- Bangladesh / India
- Dates: 28 April – 9 May 2024
- Captains: Nigar Sultana / Harmanpreet Kaur

Twenty20 International series
- Results: India won the 5-match series 5–0
- Most runs: Nigar Sultana (93) / Smriti Mandhana (116)
- Most wickets: Rabeya Khan (8) / Radha Yadav (10)
- Player of the series: Radha Yadav (Ind)

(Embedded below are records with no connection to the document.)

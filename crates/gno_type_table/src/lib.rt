//! The table of types.
#![tactic(auto)]

mod forgetting;
mod keeping;
mod predeclared;
mod searching;
mod table;

pub use table::TypeTable;

#[cfg(test)]
mod tests;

= India women's cricket team in Bangladesh in 2024 =

International cricket tour

The India women's cricket team toured Bangladesh in April and May 2024 to play five Twenty20 International (T20I) matches. The T20I series formed part of both teams' preparation ahead of the 2024 Asia Cup and 2024 ICC Women's T20 World Cup tournaments. In April 2024, Bangladesh Cricket Board (BCB) confirmed the fixtures for the tour. India had last toured Bangladesh in 2023.

India won the first T20I by 44 runs and the rain-hit second T20I by 19 runs via the Duckworth-Lewis-Stern (DLS) method. In the third T20I, India chased down Bangladesh's target of 117 runs and sealed the series 3–0. The fourth T20I was interrupted due to rain and the match was reduced to 14 overs per side; India set a target of 125 runs and won the match by 56 runs via the DLS method. India won the fifth T20I by 21 runs, taking the series 5–0.

==Squads==

| Bangladesh | India |
|---|---|
| Nigar Sultana (c, wk); Nahida Akter (vc); Dilara Akter; Marufa Akter; Shorna Akter; Rubya Haider; Habiba Islam; Rabeya Khan; Fahima Khatun; Murshida Khatun; Shorifa Khatun; Sultana Khatun; Ritu Moni; Sobhana Mostary; Fariha Trisna; | Harmanpreet Kaur (c); Smriti Mandhana (vc); Yastika Bhatia (wk); Richa Ghosh (wk); Dayalan Hemalatha; Saika Ishaque; Amanjot Kaur; Shreyanka Patil; Titas Sadhu; Sajeevan Sajana; Deepti Sharma; Renuka Singh; Asha Sobhana; Shafali Verma; Pooja Vastrakar; Radha Yadav; |

Sumaiya Akter and Nishita Akter Nishi were named as reserves in Bangladesh's squad.